HOW TO COMPLETE THIS TASK — Could you set down exactly the lines of the data below, starting at the one that holds "repository 9063f2f76e1569d5" and ending at the one that holds "has at first.", both included, and only those?

DATASET RECORDS —

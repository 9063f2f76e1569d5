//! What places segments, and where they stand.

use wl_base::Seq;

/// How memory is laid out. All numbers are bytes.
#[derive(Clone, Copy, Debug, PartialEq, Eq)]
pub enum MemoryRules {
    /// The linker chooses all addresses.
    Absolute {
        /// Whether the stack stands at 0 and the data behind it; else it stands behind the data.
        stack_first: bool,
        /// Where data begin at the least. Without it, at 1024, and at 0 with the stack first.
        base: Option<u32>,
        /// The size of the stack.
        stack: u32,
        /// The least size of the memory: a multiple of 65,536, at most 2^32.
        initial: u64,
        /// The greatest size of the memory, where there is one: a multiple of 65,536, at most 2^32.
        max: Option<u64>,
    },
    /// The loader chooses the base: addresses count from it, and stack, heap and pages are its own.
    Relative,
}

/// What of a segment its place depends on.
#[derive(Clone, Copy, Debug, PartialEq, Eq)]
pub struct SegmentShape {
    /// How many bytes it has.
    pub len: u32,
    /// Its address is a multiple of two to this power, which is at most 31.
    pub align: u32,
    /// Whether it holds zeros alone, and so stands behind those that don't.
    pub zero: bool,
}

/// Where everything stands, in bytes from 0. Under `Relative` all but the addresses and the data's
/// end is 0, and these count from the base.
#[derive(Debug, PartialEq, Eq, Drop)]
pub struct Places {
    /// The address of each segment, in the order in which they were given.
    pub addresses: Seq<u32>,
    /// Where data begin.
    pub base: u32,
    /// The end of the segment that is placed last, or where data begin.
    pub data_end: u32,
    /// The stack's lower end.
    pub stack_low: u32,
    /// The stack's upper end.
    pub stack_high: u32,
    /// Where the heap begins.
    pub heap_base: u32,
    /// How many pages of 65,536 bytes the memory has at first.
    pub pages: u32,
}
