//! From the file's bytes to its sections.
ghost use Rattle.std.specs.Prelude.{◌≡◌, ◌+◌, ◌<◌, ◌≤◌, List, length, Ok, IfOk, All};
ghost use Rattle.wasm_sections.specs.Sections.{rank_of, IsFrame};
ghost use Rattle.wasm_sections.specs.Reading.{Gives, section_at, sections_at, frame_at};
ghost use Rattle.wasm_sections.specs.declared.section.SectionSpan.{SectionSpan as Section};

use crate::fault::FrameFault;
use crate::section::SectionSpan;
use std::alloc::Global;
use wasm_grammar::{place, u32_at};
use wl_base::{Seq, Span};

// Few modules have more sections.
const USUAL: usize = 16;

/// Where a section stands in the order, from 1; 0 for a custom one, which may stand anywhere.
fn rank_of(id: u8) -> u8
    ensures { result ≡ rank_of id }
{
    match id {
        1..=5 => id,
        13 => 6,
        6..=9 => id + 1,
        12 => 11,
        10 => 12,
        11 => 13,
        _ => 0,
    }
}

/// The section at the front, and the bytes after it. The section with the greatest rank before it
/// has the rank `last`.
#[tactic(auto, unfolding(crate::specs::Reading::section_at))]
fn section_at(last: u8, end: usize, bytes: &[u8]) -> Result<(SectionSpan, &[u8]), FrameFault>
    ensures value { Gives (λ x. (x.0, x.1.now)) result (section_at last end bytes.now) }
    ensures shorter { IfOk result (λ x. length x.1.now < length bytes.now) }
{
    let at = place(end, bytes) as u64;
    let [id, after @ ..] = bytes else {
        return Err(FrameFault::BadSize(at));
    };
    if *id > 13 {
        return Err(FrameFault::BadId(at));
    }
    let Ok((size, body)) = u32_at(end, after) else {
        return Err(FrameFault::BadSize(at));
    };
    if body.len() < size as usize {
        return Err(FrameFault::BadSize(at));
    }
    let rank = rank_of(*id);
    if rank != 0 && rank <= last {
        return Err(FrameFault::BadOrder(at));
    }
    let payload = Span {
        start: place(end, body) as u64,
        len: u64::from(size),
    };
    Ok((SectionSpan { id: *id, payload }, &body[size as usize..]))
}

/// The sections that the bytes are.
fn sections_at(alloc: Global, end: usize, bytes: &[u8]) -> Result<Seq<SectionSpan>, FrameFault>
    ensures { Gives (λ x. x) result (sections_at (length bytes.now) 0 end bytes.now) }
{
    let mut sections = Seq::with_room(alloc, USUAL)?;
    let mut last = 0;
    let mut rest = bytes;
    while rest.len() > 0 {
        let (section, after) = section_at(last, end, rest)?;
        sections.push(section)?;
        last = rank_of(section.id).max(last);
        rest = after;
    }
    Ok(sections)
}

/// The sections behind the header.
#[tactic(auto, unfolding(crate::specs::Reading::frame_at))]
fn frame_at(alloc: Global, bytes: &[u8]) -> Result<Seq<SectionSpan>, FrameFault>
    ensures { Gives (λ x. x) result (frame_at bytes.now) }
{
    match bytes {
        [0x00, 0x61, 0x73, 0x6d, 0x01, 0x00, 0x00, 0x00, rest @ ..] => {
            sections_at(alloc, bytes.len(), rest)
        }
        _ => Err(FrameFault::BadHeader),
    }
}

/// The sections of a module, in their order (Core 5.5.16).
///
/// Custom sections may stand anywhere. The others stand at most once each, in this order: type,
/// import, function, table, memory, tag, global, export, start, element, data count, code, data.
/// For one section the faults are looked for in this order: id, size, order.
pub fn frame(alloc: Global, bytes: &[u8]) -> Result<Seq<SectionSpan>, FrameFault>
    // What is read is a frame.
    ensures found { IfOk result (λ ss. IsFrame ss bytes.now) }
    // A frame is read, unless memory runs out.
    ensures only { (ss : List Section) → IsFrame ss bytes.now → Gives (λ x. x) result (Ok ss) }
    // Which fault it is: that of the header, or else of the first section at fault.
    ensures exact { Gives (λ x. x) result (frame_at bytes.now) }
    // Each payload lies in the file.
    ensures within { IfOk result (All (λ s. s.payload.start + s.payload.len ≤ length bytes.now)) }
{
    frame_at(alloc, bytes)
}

---

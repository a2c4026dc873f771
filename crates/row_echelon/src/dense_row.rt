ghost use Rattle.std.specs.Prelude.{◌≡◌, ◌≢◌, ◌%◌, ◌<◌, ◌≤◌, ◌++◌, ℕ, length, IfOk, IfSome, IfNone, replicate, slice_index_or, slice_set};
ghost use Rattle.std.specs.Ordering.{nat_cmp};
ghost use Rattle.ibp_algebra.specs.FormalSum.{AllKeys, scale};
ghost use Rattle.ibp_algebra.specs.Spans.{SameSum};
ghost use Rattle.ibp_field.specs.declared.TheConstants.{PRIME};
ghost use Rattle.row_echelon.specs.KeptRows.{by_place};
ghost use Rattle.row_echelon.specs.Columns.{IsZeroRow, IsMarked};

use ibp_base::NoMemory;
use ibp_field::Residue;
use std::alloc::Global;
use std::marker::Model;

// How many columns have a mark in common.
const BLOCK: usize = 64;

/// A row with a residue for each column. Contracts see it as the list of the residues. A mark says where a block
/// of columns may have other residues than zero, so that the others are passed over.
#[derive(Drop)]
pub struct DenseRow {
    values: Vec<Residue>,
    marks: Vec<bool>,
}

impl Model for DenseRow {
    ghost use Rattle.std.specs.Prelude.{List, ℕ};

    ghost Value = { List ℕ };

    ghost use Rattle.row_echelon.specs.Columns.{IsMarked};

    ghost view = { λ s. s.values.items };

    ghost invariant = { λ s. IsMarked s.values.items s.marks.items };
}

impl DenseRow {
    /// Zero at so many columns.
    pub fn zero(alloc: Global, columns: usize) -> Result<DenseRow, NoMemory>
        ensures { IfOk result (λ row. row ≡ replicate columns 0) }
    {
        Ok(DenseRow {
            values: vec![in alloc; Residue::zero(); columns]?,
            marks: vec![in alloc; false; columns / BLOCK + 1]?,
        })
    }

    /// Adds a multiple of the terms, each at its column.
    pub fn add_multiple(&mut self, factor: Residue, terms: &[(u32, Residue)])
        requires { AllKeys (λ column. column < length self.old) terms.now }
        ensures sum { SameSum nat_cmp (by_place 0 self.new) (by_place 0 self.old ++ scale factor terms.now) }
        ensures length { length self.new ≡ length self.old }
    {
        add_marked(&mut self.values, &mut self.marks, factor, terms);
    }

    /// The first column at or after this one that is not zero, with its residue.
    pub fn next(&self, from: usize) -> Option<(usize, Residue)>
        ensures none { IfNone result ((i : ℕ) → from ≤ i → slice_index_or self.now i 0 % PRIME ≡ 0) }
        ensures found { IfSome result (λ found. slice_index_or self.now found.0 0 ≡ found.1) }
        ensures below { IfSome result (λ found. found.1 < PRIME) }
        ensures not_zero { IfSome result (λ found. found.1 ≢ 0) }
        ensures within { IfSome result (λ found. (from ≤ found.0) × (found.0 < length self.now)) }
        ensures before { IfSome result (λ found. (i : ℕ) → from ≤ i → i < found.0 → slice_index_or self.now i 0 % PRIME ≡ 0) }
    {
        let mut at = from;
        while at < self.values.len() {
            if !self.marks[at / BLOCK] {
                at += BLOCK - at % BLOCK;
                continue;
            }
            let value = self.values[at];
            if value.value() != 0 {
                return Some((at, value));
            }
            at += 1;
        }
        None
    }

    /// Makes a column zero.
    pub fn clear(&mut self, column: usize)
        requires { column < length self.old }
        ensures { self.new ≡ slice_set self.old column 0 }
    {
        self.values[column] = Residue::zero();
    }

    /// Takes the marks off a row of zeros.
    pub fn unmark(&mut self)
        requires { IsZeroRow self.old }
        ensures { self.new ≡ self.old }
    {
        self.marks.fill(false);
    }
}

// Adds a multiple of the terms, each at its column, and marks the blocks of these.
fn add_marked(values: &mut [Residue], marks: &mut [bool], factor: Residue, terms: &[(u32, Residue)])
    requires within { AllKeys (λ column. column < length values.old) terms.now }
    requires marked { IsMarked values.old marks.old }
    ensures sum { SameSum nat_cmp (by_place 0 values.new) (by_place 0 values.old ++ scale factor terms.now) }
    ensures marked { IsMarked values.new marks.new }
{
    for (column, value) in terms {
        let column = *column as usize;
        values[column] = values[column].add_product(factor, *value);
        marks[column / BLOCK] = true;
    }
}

ANSWER TO THIS PROBLEM —
repository 9063f2f76e1569d5
//! What places segments, and where they stand.

use wl_base::Seq;

/// How memory is laid out. All numbers are bytes.
#[derive(Clone, Copy, Debug, PartialEq, Eq)]
pub enum MemoryRules {
    /// The linker chooses all addresses.
    Absolute {
        /// Whether the stack stands at 0 and the data behind it; else it stands behind the data.
        stack_first: bool,
        /// Where data begin at the least. Without it, at 1024, and at 0 with the stack first.
        base: Option<u32>,
        /// The size of the stack.
        stack: u32,
        /// The least size of the memory: a multiple of 65,536, at most 2^32.
        initial: u64,
        /// The greatest size of the memory, where there is one: a multiple of 65,536, at most 2^32.
        max: Option<u64>,
    },
    /// The loader chooses the base: addresses count from it, and stack, heap and pages are its own.
    Relative,
}

/// What of a segment its place depends on.
#[derive(Clone, Copy, Debug, PartialEq, Eq)]
pub struct SegmentShape {
    /// How many bytes it has.
    pub len: u32,
    /// Its address is a multiple of two to this power, which is at most 31.
    pub align: u32,
    /// Whether it holds zeros alone, and so stands behind those that don't.
    pub zero: bool,
}

/// Where everything stands, in bytes from 0. Under `Relative` all but the addresses and the data's
/// end is 0, and these count from the base.
#[derive(Debug, PartialEq, Eq, Drop)]
pub struct Places {
    /// The address of each segment, in the order in which they were given.
    pub addresses: Seq<u32>,
    /// Where data begin.
    pub base: u32,
    /// The end of the segment that is placed last, or where data begin.
    pub data_end: u32,
    /// The stack's lower end.
    pub stack_low: u32,
    /// The stack's upper end.
    pub stack_high: u32,
    /// Where the heap begins.
    pub heap_base: u32,
    /// How many pages of 65,536 bytes the memory has at first.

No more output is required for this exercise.